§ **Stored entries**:
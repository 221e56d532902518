ghost use Rattle.std.specs.Prelude.{◌≡◌, ◌≢◌, ◌<◌, ◌≤◌, ◌↔◌, ◌&&◌, ℕ, true, false, nat_lt, IsSome, IfSome, IfNone, IsTrue};
ghost use Rattle.words.specs.Harts.{names, IsNext};
ghost use Rattle.words.specs.Limits.{most_harts};

use std::marker::Model;

/// The most harts that a machine has.
pub const HARTS: usize = 8;

/// The number of a hart, 0 to 7.
#[derive(Clone, Copy, Debug, PartialEq, Eq)]
pub struct HartId {
    number: u8,
}

impl Model for HartId {
    ghost use Rattle.std.specs.Prelude.{ℕ, ◌<◌};
    ghost use Rattle.words.specs.Limits.{most_harts};

    ghost Value = { ℕ };

    ghost view = { λ h. h.number };

    ghost invariant = { λ h. h.number < most_harts };

    ghost inverse = { λ n. record { number = n } };
}

impl HartId {
    pub const fn new(number: u8) -> Self
        requires { number < most_harts }
        ensures { result ≡ number }
    {
        HartId { number }
    }

    /// The hart with this number, if it is below 8.
    pub fn try_new(number: usize) -> Option<Self>
        ensures some { IsSome result ↔ (number < most_harts) }
        ensures value { IfSome result (λ h. h ≡ number) }
    {
        if number < HARTS {
            Some(HartId {
                number: number as u8,
            })
        } else {
            None
        }
    }

    pub fn index(self) -> usize
        ensures value { result ≡ self }
        ensures bound { result < most_harts }
    {
        self.number as usize
    }
}

/// A set of harts.
#[derive(Clone, Copy, Debug, PartialEq, Eq)]
pub struct HartSet {
    /// Bit h says whether hart h is a member.
    mask: u8,
}

impl Model for HartSet {
    ghost use Rattle.std.specs.Prelude.{ℕ, ◌<◌};

    ghost Value = { ℕ };

    ghost view = { λ s. s.mask };

    ghost invariant = { λ s. s.mask < 256 };

    ghost inverse = { λ m. record { mask = m } };
}

impl HartSet {
    #[inline(always)]
    pub fn empty() -> Self
        ensures { (h : ℕ) → names result h ≡ false }
    {
        HartSet { mask: 0 }
    }

    /// Whether no hart is a member.
    #[inline(always)]
    pub fn is_empty(&self) -> bool
        ensures { IsTrue result ↔ ((h : ℕ) → names self.now h ≡ false) }
    {
        self.mask == 0
    }

    #[inline(always)]
    pub fn contains(&self, hart: HartId) -> bool
        ensures { result ≡ names self.now hart }
    {
        (self.mask >> hart.number) & 1 == 1
    }

    #[inline(always)]
    pub fn insert(&mut self, hart: HartId)
        ensures this { names self.new hart ≡ true }
        ensures others { (h : ℕ) → h ≢ hart → names self.new h ≡ names self.old h }
    {
        self.mask |= 1 << hart.number;
    }

    #[inline(always)]
    pub fn remove(&mut self, hart: HartId)
        ensures this { names self.new hart ≡ false }
        ensures others { (h : ℕ) → h ≢ hart → names self.new h ≡ names self.old h }
    {
        self.mask &= !(1 << hart.number);
    }

    /// The members with a number below a count.
    #[inline(always)]
    pub fn below(&self, count: usize) -> Self
        ensures { (h : ℕ) → names result h ≡ (names self.now h && nat_lt h count) }
    {
        if count < HARTS {
            HartSet {
                mask: self.mask & ((1 << count) - 1),
            }
        } else {
            *self
        }
    }

    /// Whether each member is a member of the other set too.
    #[inline(always)]
    pub fn is_subset(&self, other: &HartSet) -> bool
        ensures { IsTrue result ↔ ((h : ℕ) → names self.now h ≡ true → names other.now h ≡ true) }
    {
        self.mask & !other.mask == 0
    }

    /// The member with the lowest number from a number on, if there is one.
    #[inline(always)]
    pub fn next(&self, from: usize) -> Option<HartId>
        ensures some { IfSome result (IsNext self.now from) }
        ensures none { IfNone result ((h : ℕ) → from ≤ h → names self.now h ≡ false) }
    {
        if from < HARTS {
            let rest = self.mask >> from;
            if rest != 0 {
                return Some(HartId {
                    number: from as u8 + rest.trailing_zeros() as u8,
                });
            }
        }
        None
    }
}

§ **Problem to work on**: Copy out each line of the records that holds the string "const".

§ **Output of the task**:
pub const HARTS: usize = 8;
    pub const fn new(number: u8) -> Self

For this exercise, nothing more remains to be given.